When Quebec-based AGF Access Group got the contract to provide access on the bridge, the first thing it did was talk to its special projects division. The company pledged to supply 85% of the access equipment for the bridge project, including mast climbers for the towers, traditional swing-stage scaffolding and ring-tied stairs, as well as temporary and permanent elevators inside and outside the bridge’s pylon. In addition to standard access gear, AGF also saw a particular engineering challenge in accessing the undersides of the cantilevered spans.
Building a Better Platform
“They were building the bridge on a cantilevered segmented approach—bridge sections assembled and mounted on a cantilever,” says Alex Di Domenico, vice president for major projects at AGF. “We came up with some custom bolting platforms for that.” AGF provided three traveling aluminum access platforms instead of the typical steel platforms used in the industry, which features fully electrical controls to travel along the cantilevered sections of the bridge.
The traveling platforms were a crucial staging area for construction, together providing full coverage of the bridge’s 55-m width.
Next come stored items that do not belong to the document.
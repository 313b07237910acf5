ghost use Rattle.std.specs.Prelude.{◌≡◌, ◌++◌, OnOk, string_bytes};
ghost use Rattle.dep_group.specs.Shapes.{condition};
ghost use Rattle.dep_group.specs.Words.{and_space};

use pms_names::Flag;
use std::alloc::AllocError;

/// Adds a word, which the three parts make together, with a space before it where something stands
/// before it.
pub fn push_word(out: &mut String, before: &str, text: &str, after: &str) -> Result<(), AllocError>
    ensures { OnOk result (string_bytes out.new ≡
        and_space (string_bytes out.old) ++ (before.now ++ (text.now ++ after.now))) }
{
    push_space(out)?;
    out.push_str(before)?;
    out.push_str(text)?;
    out.push_str(after)?;
    Ok(())
}

fn push_space(out: &mut String) -> Result<(), AllocError>
    ensures { OnOk result (string_bytes out.new ≡ and_space (string_bytes out.old)) }
{
    if out.is_empty() {
        return Ok(());
    }
    out.push_str(" ")?;
    Ok(())
}

/// Adds the word that opens a group where the flag is on, or where it is not on.
pub fn push_condition(out: &mut String, flag: &Flag, on: bool) -> Result<(), AllocError>
    ensures { OnOk result (string_bytes out.new ≡
        and_space (string_bytes out.old) ++ condition flag.now on) }
{
    if on {
        push_word(out, "", flag.text(), "?")?;
    } else {
        push_word(out, "!", flag.text(), "?")?;
    }
    Ok(())
}
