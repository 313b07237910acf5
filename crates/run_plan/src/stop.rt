use dep_atom::PackageId;
use file_tree::TreeFault;
use merge_group::Stop;
use std::alloc::AllocError;

/// Why the run of a plan ended before all of its groups were told.
#[derive(Debug, Drop)]
pub enum PlanStop {
    /// The merge of the next group, or the device, the output or want of memory.
    Merge(Stop),
    /// The builder of this package's image failed.
    Build(PackageId),
    /// The image of this package has too many entries.
    Image(PackageId),
}

impl From<Stop> for PlanStop {
    ghost use Rattle.std.specs.Prelude.{◌≡◌};
    ghost use Rattle.run_plan.specs.declared.stop.PlanStop.TheVariants as stops;

    ghost from_gives = { λ stop e. e ≡ stops.Merge stop };

    fn from(stop: Stop) -> PlanStop {
        PlanStop::Merge(stop)
    }
}

impl From<AllocError> for PlanStop {
    ghost use Rattle.std.specs.Prelude.{◌≡◌};
    ghost use Rattle.file_tree.specs.declared.fault.TreeFault.TheVariants as trees;
    ghost use Rattle.merge_group.specs.declared.stop.Stop.TheVariants as merges;
    ghost use Rattle.run_plan.specs.declared.stop.PlanStop.TheVariants as stops;

    ghost from_gives = { λ _ e. e ≡ stops.Merge (merges.Tree trees.Memory) };

    fn from(_: AllocError) -> PlanStop {
        PlanStop::Merge(Stop::Tree(TreeFault::Memory))
    }
}
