ghost use Rattle.std.specs.Prelude.{◌≡◌};
ghost use Rattle.dep_group.specs.declared.token.GroupFault.TheVariants.{Memory};

use std::alloc::{AllocError, AllocFailed};
use thiserror::Error;

/// What stands before the parenthesis of a group. A group with nothing before it wants all its
/// members.
#[derive(Debug, Drop)]
pub enum Opener<F> {
    AnyOf,
    ExactlyOne,
    AtMostOne,
    /// The members count where the flag is on, or where it is not on.
    When { flag: F, on: bool },
}

/// What a word of a text of groups is read as, where `K` opens groups.
#[derive(Debug, Drop)]
pub enum Token<K, L> {
    Leaf(L),
    Begins(K),
    Opens,
    Closes,
    /// A parenthesis glued to other text.
    Glued,
    /// Neither a leaf nor anything else that is known.
    Unknown,
}

/// Why words are no groups. A place is that of a word: its index, counted from 0, or of a text that
/// of the word's first byte.
#[derive(Debug, Drop, Error)]
pub enum GroupFault {
    #[error("no leaf at {at}")]
    Leaf { at: usize },
    #[error("the group at {at} is not closed")]
    Open { at: usize },
    #[error("no group for the parenthesis at {at} to close")]
    Close { at: usize },
    #[error("a parenthesis without a space in the word at {at}")]
    NoSpace { at: usize },
    #[error("the leaf at {at} may not stand in an any-of group")]
    Barred { at: usize },
    #[error("more than 64 groups are open")]
    Depth,
    #[error("out of memory")]
    Memory,
}

impl From<AllocError> for GroupFault {
    ghost from_gives = { λ _ e. e ≡ Memory };

    fn from(_e: AllocError) -> GroupFault {
        GroupFault::Memory
    }
}

impl<T: Drop> From<AllocFailed<T>> for GroupFault {
    ghost from_gives = { λ _ e. e ≡ Memory };

    fn from(_e: AllocFailed<T>) -> GroupFault {
        GroupFault::Memory
    }
}
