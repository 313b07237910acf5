ghost use Rattle.std.specs.Prelude.{◌≡◌, ◌≤◌, ◌++◌, map, IfOk, OnOk};
ghost use Rattle.std.specs.Str.{IsCharBoundary};
ghost use Rattle.dep_group.specs.Words.{place, word_between, words};
ghost use Rattle.dep_group.specs.Views.{spot};

use basics::is_blank;
use std::alloc::{AllocError, Global};

/// A word of a text, and the place of its first byte there.
#[derive(Debug, Drop, Clone, Copy)]
pub struct Word<'a> {
    pub at: usize,
    pub text: &'a str,
}

/// The words of the text, from the left.
pub fn words<'a>(alloc: Global, text: &'a str) -> Result<Vec<Word<'a>>, AllocError>
    ensures { IfOk result (λ v. map spot v.items ≡ words 0 text.now) }
{
    let mut found = Vec::new(alloc);
    let mut start = 0;
    let bytes = text.as_bytes();
    for (i, b) in bytes.iter().enumerate() {
        if is_blank(*b) {
            push_word(&mut found, text, start, i)?;
            start = i + 1;
        }
    }
    push_word(&mut found, text, start, text.len())?;
    Ok(found)
}

fn push_word<'a>(
    found: &mut Vec<Word<'a>>,
    text: &'a str,
    start: usize,
    end: usize,
) -> Result<(), AllocError>
    requires order { start ≤ end }
    requires from { IsCharBoundary text.now start }
    requires to { IsCharBoundary text.now end }
    ensures { OnOk result (map spot found.new.items ≡
        map spot found.old.items ++ word_between text.now start end) }
{
    if start < end {
        found.push(Word {
            at: start,
            text: &text[start..end],
        })?;
    }
    Ok(())
}

/// The place of the word with this index, or 0 where there are not so many.
pub fn place(words: &[Word], index: usize) -> usize
    ensures { result ≡ place (map spot words.now) index }
{
    if index < words.len() {
        words[index].at
    } else {
        0
    }
}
The 19-m-wide platforms, designed to retract to 16 meters when stored at the ends of the bridge, boast a 4,000-kilogram capacity when fully extended. “That was the idea—one tonne for personnel, three for materials,” says Sony Trudel, engineering director for special projects at AGF. “When you have all three platforms together, you have [a working area] almost the size of an ice hockey rink.”
Building aluminum-based work platforms of this scale isn’t a standard product for AGF, but the demands of the contractor drove their engineers to come up with a solution, says Di Domenico. “One of the key features of the cantilever method is having as little weight as possible on cantilevered ends,” he explains. Having aluminum platforms made the equipment easier to work with, he adds.
The three platforms are electronically controlled and can travel along the bottom of the main span without assistance or additional equipment. Because they were designed alongside the bridge itself, they are able to traverse elements of the bridge’s underside that would impede off-the-shelf access platforms. AGF Group plans to refurbish them as permanent maintenance equipment stored below platform level once construction is completed. “We really believe that this approach can be used on our future projects in North America,” says Di Domenico.